WORK TO BE COMPLETED :: Where does the word "Usage" appear in the data? Copy every line that holds it.
===== RECORDS FOR THIS EXERCISE =====
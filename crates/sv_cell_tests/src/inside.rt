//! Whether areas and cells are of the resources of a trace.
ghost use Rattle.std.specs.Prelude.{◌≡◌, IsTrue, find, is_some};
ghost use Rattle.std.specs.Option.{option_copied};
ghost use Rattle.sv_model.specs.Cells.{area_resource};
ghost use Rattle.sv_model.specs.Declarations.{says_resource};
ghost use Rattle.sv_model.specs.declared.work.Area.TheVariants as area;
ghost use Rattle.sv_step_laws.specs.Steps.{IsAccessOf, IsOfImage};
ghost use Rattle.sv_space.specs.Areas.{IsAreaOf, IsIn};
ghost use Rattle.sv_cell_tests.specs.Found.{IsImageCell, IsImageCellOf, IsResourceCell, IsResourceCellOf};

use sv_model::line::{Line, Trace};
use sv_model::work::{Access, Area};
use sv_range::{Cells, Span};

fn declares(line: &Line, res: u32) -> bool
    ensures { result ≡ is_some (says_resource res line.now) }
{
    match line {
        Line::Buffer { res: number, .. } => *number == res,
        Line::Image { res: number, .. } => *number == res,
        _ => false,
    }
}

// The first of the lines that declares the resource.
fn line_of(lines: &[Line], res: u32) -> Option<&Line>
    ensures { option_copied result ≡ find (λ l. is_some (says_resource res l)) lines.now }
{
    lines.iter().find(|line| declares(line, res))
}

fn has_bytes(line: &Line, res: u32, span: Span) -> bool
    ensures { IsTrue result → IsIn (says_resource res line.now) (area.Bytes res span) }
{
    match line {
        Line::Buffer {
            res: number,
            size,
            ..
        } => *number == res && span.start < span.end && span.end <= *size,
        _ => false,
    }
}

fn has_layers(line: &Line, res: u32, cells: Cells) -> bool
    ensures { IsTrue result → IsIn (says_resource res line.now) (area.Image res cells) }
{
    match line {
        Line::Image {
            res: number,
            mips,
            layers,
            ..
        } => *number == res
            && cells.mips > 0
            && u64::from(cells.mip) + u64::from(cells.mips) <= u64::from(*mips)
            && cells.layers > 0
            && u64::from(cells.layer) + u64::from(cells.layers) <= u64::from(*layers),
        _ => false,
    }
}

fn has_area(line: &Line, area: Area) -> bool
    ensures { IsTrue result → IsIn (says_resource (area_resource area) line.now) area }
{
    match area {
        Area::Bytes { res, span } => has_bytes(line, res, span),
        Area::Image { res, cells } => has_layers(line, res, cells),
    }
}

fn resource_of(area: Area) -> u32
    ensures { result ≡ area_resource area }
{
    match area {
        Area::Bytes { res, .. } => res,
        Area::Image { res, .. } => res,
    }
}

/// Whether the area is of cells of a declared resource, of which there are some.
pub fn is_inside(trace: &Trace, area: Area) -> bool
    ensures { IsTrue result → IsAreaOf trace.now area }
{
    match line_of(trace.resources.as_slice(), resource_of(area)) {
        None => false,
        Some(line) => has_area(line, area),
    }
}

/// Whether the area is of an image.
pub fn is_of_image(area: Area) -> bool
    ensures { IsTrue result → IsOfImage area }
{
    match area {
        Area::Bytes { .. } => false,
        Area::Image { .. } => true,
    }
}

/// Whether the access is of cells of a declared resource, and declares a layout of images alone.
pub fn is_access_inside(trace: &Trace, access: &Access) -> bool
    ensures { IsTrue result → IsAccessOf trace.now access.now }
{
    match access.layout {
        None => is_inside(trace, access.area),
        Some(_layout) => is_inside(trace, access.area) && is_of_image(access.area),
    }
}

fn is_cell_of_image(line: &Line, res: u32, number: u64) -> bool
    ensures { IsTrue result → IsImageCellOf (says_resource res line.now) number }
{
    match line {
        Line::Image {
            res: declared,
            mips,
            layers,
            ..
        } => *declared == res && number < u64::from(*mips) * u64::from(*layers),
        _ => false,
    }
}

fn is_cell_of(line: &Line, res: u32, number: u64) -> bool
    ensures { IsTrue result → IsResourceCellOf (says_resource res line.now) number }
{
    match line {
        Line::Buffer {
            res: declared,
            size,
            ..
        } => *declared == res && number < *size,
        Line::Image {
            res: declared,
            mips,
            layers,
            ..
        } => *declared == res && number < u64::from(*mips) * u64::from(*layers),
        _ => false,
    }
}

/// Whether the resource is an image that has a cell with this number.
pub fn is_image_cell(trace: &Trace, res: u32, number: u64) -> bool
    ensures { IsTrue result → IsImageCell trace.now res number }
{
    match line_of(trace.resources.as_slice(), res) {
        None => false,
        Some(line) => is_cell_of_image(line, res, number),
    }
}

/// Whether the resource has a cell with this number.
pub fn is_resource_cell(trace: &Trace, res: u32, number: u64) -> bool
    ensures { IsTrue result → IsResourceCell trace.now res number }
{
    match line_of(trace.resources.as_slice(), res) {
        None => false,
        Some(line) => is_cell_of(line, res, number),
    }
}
=====
===== RECORDS FOR THIS EXERCISE =====
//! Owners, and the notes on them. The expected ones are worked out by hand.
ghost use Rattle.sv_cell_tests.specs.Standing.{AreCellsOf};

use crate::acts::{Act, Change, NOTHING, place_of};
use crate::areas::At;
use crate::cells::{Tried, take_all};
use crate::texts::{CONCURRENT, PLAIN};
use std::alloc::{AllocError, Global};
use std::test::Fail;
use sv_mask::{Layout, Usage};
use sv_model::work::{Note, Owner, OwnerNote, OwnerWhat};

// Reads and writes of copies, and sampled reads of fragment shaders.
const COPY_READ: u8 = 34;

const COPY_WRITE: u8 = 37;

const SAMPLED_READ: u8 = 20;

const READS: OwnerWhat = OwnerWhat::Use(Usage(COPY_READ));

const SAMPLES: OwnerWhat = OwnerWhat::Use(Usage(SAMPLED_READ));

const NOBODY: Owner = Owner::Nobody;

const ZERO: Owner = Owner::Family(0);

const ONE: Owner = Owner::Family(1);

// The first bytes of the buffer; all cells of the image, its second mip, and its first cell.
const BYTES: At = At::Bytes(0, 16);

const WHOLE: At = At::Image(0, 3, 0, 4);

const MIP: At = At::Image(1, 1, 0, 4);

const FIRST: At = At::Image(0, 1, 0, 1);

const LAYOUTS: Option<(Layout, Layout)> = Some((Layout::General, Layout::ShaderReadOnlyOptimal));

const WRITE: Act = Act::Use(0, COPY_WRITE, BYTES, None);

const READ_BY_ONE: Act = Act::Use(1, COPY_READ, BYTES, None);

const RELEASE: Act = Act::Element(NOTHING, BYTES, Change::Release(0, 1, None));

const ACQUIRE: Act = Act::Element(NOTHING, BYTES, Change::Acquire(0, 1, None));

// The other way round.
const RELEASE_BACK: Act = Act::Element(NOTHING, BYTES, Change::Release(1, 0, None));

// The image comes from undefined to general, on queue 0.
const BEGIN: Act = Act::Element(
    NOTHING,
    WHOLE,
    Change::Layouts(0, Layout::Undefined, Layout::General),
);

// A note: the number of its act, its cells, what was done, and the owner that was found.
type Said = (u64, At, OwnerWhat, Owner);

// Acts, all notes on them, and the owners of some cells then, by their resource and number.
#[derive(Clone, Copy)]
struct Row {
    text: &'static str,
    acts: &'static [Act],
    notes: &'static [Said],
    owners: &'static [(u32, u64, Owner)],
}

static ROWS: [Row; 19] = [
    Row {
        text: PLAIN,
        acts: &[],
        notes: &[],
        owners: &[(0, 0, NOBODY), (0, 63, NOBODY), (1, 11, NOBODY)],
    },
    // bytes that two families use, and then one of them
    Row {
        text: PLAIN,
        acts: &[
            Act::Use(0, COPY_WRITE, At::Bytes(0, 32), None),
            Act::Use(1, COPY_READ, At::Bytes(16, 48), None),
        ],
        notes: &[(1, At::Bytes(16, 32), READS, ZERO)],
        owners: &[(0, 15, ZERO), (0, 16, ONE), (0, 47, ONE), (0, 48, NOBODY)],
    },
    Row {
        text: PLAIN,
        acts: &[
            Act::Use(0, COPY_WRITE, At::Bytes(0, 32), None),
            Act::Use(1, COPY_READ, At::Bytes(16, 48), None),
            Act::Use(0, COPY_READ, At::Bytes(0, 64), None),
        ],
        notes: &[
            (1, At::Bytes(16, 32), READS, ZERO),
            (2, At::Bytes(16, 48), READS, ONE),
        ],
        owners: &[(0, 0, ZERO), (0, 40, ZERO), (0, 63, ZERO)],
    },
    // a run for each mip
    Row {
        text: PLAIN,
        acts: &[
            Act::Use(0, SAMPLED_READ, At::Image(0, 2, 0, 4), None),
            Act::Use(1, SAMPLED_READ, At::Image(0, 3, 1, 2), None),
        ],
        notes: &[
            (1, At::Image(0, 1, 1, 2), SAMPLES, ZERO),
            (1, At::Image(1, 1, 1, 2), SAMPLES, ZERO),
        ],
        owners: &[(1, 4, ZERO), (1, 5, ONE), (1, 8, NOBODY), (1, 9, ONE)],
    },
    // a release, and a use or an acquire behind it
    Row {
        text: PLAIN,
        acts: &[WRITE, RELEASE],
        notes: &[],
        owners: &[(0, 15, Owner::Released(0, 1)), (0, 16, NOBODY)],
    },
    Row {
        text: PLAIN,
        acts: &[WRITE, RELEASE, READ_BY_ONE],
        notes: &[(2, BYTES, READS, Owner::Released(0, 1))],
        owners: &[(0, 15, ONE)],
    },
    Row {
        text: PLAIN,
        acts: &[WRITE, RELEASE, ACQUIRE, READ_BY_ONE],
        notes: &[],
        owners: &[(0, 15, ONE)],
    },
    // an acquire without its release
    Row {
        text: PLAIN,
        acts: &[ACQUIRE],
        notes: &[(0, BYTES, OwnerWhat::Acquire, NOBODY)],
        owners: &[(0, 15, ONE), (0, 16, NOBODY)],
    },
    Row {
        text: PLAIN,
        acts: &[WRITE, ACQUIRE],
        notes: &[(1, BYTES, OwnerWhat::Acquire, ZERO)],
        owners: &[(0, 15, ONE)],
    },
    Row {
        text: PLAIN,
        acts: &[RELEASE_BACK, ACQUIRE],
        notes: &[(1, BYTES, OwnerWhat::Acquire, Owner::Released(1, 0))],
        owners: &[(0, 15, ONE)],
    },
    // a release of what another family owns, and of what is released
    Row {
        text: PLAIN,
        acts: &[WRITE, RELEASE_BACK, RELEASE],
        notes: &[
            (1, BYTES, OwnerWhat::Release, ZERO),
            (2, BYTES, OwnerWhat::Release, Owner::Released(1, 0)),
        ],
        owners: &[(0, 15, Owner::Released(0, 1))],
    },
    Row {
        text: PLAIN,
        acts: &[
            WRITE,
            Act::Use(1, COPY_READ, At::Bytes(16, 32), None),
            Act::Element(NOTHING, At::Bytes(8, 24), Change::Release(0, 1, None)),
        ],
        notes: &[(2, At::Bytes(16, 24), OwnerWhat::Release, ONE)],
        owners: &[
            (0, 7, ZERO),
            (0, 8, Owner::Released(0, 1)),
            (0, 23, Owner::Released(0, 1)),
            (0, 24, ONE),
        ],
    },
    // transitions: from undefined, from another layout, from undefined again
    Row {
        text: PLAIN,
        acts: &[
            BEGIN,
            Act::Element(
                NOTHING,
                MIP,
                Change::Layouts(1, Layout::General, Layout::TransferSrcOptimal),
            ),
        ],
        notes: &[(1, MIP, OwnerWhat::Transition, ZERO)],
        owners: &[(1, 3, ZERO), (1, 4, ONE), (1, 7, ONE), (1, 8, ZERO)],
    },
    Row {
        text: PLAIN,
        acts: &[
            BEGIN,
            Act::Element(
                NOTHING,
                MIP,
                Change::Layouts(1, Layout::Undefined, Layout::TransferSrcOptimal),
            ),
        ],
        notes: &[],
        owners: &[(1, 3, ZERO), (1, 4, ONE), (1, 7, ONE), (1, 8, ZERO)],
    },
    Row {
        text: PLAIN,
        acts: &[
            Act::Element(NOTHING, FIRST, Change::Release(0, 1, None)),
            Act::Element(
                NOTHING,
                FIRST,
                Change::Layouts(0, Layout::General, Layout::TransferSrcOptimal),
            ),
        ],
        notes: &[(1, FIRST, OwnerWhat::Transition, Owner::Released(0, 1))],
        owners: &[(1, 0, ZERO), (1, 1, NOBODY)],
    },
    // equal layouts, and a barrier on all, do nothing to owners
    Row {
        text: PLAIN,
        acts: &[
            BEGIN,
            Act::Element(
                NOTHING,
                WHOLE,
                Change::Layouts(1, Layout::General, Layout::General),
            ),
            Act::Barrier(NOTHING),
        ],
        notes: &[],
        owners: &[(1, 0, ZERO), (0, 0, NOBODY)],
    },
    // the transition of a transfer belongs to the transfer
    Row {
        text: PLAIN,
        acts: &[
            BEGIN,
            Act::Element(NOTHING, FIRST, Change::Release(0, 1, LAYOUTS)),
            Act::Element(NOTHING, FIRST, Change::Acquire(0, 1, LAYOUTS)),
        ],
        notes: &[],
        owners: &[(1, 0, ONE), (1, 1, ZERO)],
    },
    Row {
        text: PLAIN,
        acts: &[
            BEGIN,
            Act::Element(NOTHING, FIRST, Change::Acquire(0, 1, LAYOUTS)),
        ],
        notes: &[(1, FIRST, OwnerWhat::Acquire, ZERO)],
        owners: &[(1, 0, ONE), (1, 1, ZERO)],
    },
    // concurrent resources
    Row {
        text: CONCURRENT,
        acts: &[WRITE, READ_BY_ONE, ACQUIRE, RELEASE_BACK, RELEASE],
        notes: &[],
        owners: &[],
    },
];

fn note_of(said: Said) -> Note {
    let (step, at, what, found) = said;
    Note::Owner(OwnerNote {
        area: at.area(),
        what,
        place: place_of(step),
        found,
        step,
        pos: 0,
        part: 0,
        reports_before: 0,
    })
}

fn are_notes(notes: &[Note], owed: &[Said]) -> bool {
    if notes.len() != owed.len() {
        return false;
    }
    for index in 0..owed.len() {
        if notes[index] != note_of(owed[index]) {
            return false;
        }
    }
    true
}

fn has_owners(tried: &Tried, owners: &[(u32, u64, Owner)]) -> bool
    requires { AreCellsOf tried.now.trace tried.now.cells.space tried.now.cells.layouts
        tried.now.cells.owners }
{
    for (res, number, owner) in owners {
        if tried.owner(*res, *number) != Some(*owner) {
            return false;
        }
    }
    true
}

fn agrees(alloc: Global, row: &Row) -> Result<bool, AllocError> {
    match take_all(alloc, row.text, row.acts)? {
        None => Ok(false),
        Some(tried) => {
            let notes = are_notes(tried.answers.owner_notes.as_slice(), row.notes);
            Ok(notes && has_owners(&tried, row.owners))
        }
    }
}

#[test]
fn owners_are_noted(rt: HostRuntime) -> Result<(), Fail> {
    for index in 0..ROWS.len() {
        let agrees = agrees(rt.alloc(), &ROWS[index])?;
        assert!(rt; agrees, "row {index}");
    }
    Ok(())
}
=====
SOLUTION TO THIS EXERCISE ::
use sv_mask::{Layout, Usage};
const READS: OwnerWhat = OwnerWhat::Use(Usage(COPY_READ));
const SAMPLES: OwnerWhat = OwnerWhat::Use(Usage(SAMPLED_READ));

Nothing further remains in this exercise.